»»

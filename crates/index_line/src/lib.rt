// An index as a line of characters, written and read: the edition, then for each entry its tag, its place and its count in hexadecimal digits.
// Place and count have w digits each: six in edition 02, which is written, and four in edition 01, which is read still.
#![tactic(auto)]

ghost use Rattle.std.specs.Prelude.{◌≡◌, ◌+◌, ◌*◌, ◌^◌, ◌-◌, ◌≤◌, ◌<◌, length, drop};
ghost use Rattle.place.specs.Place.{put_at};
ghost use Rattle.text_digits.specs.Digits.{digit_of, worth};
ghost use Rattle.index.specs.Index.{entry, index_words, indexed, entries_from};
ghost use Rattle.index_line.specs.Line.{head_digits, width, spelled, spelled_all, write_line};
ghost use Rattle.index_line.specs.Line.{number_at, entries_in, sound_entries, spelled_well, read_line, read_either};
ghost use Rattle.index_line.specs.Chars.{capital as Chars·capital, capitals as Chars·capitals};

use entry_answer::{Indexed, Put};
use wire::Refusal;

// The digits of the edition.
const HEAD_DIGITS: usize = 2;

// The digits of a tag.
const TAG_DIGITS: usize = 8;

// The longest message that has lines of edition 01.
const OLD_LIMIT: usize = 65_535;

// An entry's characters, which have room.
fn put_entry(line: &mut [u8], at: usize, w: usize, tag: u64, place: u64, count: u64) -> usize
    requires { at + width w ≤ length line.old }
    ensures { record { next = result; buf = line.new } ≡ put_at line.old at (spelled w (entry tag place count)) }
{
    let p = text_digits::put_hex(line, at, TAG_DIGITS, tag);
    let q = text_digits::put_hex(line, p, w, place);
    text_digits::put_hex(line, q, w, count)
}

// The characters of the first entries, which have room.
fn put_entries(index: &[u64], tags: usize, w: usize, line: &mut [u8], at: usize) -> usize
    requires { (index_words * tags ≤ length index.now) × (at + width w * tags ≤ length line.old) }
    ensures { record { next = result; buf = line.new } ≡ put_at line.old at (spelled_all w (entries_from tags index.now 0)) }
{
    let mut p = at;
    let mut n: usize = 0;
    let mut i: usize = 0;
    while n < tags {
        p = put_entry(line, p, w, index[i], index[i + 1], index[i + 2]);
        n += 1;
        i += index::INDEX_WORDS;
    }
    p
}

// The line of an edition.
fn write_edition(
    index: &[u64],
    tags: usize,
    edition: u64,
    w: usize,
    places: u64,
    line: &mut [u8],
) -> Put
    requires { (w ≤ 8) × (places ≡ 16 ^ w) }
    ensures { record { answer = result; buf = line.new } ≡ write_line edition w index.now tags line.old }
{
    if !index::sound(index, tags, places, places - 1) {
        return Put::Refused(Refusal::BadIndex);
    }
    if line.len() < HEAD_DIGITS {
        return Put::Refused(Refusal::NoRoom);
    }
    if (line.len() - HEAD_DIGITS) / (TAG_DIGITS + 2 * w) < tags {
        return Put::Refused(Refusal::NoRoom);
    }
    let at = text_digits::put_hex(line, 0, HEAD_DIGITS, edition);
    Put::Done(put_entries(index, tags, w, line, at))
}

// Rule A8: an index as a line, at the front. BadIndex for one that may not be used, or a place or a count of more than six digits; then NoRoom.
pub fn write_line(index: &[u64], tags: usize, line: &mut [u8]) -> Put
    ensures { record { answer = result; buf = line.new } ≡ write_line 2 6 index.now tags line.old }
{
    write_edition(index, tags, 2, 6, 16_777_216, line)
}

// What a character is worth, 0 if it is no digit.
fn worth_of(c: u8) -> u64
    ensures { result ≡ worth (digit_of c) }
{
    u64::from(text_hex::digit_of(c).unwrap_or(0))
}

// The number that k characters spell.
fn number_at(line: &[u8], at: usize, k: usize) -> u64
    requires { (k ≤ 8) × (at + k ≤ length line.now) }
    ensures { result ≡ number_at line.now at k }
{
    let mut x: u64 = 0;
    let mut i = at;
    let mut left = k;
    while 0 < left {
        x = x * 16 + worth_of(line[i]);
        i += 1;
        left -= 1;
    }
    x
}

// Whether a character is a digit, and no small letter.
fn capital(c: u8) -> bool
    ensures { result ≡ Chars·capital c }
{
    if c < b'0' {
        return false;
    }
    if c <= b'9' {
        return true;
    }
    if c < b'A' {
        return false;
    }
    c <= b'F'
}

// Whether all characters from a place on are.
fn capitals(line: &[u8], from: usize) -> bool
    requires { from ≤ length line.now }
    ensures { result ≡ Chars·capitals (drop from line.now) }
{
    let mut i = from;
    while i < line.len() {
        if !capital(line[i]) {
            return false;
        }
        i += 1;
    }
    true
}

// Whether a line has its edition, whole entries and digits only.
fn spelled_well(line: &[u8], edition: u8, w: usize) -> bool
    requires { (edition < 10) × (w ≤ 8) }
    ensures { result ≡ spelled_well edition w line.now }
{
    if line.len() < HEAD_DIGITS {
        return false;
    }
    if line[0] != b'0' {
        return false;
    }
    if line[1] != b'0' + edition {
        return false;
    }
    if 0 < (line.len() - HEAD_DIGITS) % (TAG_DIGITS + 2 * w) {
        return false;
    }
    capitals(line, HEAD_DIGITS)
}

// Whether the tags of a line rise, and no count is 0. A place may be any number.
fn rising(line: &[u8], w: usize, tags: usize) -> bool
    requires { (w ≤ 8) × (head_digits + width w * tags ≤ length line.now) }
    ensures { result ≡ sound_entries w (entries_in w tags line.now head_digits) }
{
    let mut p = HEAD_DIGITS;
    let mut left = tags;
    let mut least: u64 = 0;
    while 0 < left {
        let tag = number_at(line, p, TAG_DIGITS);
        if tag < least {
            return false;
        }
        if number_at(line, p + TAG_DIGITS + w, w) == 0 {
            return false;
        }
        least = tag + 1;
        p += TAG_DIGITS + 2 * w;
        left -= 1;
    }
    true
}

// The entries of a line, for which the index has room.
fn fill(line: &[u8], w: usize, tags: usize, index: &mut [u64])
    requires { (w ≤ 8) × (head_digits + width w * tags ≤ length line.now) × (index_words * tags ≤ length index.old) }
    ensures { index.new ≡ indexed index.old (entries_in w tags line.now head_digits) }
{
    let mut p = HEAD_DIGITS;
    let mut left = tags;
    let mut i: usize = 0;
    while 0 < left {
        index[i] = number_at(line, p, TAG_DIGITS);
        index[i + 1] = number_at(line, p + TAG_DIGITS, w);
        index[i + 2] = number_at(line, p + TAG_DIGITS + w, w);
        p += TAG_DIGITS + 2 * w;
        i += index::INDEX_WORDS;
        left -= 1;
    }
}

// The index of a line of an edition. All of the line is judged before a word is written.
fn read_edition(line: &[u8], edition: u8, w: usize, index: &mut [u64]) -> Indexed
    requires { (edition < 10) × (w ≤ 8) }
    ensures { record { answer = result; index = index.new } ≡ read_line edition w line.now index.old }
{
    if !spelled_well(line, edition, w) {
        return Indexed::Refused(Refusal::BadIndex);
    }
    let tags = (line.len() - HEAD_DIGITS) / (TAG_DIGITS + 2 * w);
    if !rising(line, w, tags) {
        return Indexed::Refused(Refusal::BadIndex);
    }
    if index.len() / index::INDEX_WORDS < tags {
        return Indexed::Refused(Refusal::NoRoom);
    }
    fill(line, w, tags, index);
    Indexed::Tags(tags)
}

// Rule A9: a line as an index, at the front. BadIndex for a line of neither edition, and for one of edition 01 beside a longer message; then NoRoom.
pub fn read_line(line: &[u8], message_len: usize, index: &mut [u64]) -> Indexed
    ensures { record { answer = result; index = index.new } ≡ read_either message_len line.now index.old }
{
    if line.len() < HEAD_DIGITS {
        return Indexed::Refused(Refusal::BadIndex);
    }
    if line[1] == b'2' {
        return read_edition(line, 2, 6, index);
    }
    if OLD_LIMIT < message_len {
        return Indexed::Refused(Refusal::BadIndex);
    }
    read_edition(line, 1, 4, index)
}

««
»»

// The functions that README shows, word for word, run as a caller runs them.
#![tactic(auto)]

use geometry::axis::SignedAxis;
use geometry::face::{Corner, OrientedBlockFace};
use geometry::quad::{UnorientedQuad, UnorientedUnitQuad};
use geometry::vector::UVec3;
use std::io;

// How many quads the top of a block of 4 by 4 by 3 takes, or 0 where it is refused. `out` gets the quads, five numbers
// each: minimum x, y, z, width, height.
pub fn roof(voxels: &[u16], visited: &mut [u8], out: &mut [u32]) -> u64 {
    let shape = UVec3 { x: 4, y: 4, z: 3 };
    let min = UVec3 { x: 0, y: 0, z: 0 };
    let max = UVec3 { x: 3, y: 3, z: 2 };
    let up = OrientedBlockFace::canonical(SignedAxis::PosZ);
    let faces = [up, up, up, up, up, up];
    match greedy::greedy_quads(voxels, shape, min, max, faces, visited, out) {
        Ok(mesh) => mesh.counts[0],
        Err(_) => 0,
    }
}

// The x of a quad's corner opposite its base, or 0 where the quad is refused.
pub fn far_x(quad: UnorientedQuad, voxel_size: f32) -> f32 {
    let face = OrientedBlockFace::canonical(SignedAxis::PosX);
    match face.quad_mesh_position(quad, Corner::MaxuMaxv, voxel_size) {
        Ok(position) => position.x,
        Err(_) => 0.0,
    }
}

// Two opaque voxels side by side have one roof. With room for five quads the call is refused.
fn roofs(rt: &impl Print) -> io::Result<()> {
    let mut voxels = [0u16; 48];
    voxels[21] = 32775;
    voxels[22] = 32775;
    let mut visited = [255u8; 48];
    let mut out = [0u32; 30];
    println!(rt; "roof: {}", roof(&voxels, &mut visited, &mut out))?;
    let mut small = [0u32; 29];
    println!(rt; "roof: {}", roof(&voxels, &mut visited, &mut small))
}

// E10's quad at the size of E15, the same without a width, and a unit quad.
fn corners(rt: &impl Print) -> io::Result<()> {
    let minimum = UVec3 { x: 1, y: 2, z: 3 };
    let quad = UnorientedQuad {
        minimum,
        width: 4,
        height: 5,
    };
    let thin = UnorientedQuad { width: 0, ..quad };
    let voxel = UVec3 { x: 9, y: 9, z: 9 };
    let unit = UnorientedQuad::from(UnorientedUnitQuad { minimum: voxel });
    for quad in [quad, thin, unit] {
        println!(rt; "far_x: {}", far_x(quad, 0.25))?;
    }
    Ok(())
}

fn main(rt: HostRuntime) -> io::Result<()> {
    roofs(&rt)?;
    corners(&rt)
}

««

Reproduce all lines from the records above that include the word "Whether".

// Whether a character is a digit, and no small letter.
// Whether all characters from a place on are.
// Whether a line has its edition, whole entries and digits only.
// Whether the tags of a line rise, and no count is 0. A place may be any number.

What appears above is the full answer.